Teachers know, in their guts, where this is headed. They have seen versions of this movie before. For instance, in 1975 Congress passed the Individuals with Disabilities Education Act (IDEA) which promised every student with disabilities a free appropriate public education. Knowing that meant extra expenses for school districts, Congress promised funding to back IDEA. They have never, in 45 years, honored that promise, and schools have just had to find their own way to meet that unfunded mandate.
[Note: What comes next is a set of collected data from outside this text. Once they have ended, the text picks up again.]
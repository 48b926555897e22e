//! Theorems about the definitions, each the contract of a function with an empty body.
ghost use Rattle.std.specs.Prelude.{◌≡◌, ◌<◌, ◌≤◌, ◌+◌, ◌∷◌, ◌++◌, ℕ, List, [], Option, None, length, map};
ghost use Rattle.oa_frame.specs.declared.ends.End.{End as AnEnd};
ghost use Rattle.oa_frame.specs.declared.ends.End.TheVariants.{ReadFault};
ghost use Rattle.oa_frame.specs.promise.Framings.{records};
ghost use Rattle.oa_frame.specs.promise.Sessions.{ReadTo};
ghost use Rattle.oa_frame.specs.promise.Sessions.Halt.{At};
ghost use Rattle.oa_mux.specs.promise.Frames.{InHead, all_clients, frame_of, max_frame_bytes, pieces_in};
ghost use Rattle.oa_mux.specs.promise.Marks.{Tagged, Last, Flush, Of, StreamPiece, States, tag_all};
ghost use Rattle.oa_mux.specs.Marks.{own, pieces};
ghost use Rattle.oa_mux.specs.promise.Readers.{Body, Brought, Ends, ClientState, Reads, asked_in, records_of};
ghost use Rattle.oa_mux.specs.Readers.{brought_in};
ghost use Rattle.oa_mux.specs.promise.Shared.{Demultiplexes, SharedState};

/// A client's requests depend only on its own bytes, whatever comes between them.
pub fn each_has_its_own()
    ensures { (reads : Reads (Option ClientState)) (states : States (Option ClientState)) (stream : List (Tagged StreamPiece)) (client : ℕ)
        → own client (asked_in reads states stream) ≡ brought_in reads (states client) (own client stream) }
{}

/// With a single client, all requests are those of its bytes.
pub fn one_client_has_all()
    ensures { (reads : Reads (Option ClientState)) (states : States (Option ClientState)) (client : ℕ) (stream : List StreamPiece)
        → asked_in reads states (tag_all client stream) ≡ tag_all client (brought_in reads (states client) stream) }
{}

/// A session of records reads from some bytes what they contain as one client's stream: its bodies,
/// and its end.
pub fn each_is_a_session()
    ensures reads { (bytes rest : List ℕ) (bodies : List (List ℕ)) (why : AnEnd) → ReadTo records (At why) bodies bytes rest → (why ≡ ReadFault → ⊥)
        → brought_in records_of None (pieces bytes ++ Last ∷ []) ≡ map Body bodies ++ Ends why ∷ [] }
    // (and all bytes are read so)
    ensures read { (bytes : List ℕ)
        → (bodies : List (List ℕ)) × (why : AnEnd) × (rest : List ℕ) × ReadTo records (At why) bodies bytes rest × (why ≡ ReadFault → ⊥) }
{}

/// The meaning of frames: a client's bytes, its end, or *now*: everything is to be committed and
/// answered.
pub fn frames_are_read()
    ensures bytes { (client : ℕ) (bytes rest : List ℕ) → client < all_clients → 0 < length bytes → length bytes ≤ max_frame_bytes
        → pieces_in (InHead []) (frame_of client bytes ++ rest) ≡ tag_all client (pieces bytes) ++ pieces_in (InHead []) rest }
    ensures last { (client : ℕ) (rest : List ℕ) → client < all_clients
        → pieces_in (InHead []) (frame_of client [] ++ rest) ≡ Of client Last ∷ pieces_in (InHead []) rest }
    ensures now { (rest : List ℕ) → pieces_in (InHead []) (frame_of all_clients [] ++ rest) ≡ Flush ∷ pieces_in (InHead []) rest }
{}

/// The division of a client's bytes into frames does not matter, as long as nothing comes between
/// them.
pub fn cuts_do_not_matter()
    ensures { (client : ℕ) (front back rest : List ℕ) → client < all_clients → 0 < length front → 0 < length back
        → length front + length back ≤ max_frame_bytes
        → pieces_in (InHead []) (frame_of client (front ++ back) ++ rest)
        ≡ pieces_in (InHead []) (frame_of client front ++ (frame_of client back ++ rest)) }
{}

/// The requests of one part of a stream and then of the next are those of both.
pub fn parts_are_asked_in_turn()
    ensures { (old mid new : SharedState) (front back : List ℕ) (before after : List (Tagged Brought))
        → Demultiplexes old front before mid → Demultiplexes mid back after new → Demultiplexes old (front ++ back) (before ++ after) new }
{}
And it’s not just the big things. Teachers routinely spend their own money to help plug the gaps in support from local, state and federal authorities. We’re having a national conversation about controlling the spread of coronavirus in classroom where teachers still have to buy their own tissues and hand sanitizer. We’ve already seen problems with adequate protection and supplies for actual medical workers. Many teachers have a sinking feeling about what is coming.
It will look like this. There will be considerable discussion about what measures should be taken and what measures can be taken. It will be punctuated by discussion of the cost. Congress may, perhaps, toss a little money at the challenge. In the background, there will be the voices of teachers pointing out things like, “With the recommended social distancing, only six of my thirty-two students will fit in my room.” The discussion will go on without them.
By August, elected officials will give themselves credit for discussing things, as if discussing a problem actually solved it. Some will insist that Corvid-19 is no worse than the flu and we have to put America back to work. Others will admit that the money they approved is not nearly enough to meet the demands. District administrators will complain that they don’t have the necessary resources, but they’ll still get no more help.
And by fall, individual teachers in individual schools will have to figure out how to do the best they can with the little that they’ve got. The district guidance they get will range from restrictively stringent to hopelessly non-existent. Mostly, they’re going to have to figure out how to cope on their own.
This is not, in and of itself, unusual. It’s what teachers do—figure out how to McGyver a million-dollars education out of three paper clips and some toothpaste. But this time it’s different, because this time it will be a matter of life or death.
So this summer, teachers will ask themselves a whole new set of questions. Can I stand it if I’m required to do more of that online junk that I hated so much last spring? Can I withstand the depressing sight of children daily spending recess in isolated bubbles? If I’m in a high-risk group, will it be safe for me to go back under these conditions? Will doing this job mean I can’t visit my aging parents this year? What do I do if the district tells me that even though X, Y and Z are necessary to stay safe, I can’t have them unless I somehow get them myself?
It would be great—absolutely great—if elected officials responded to the current situation by saying, “There is nothing more important than our children’s education, so we are going to do whatever it takes, spend whatever is necessary, to make sure that every single schools has every single resource it could possibly need to make its students and staff safe and secure and able to concentrate on the critical work of educating tomorrow’s citizens. We will spare no expense, even if we have to cut other spending, raise taxes on some folks, or spend more money that we don’t actually have.”
Nobody who has been in education longer than a half an hour expects that to happen. Classroom teachers will, as always, have to pick up the slack themselves, only this time it’s not yet clear how much slack that will be or how much it will cost, and many teachers may decide the cost is more than they can afford. Teachers will have a lot to think about this summer.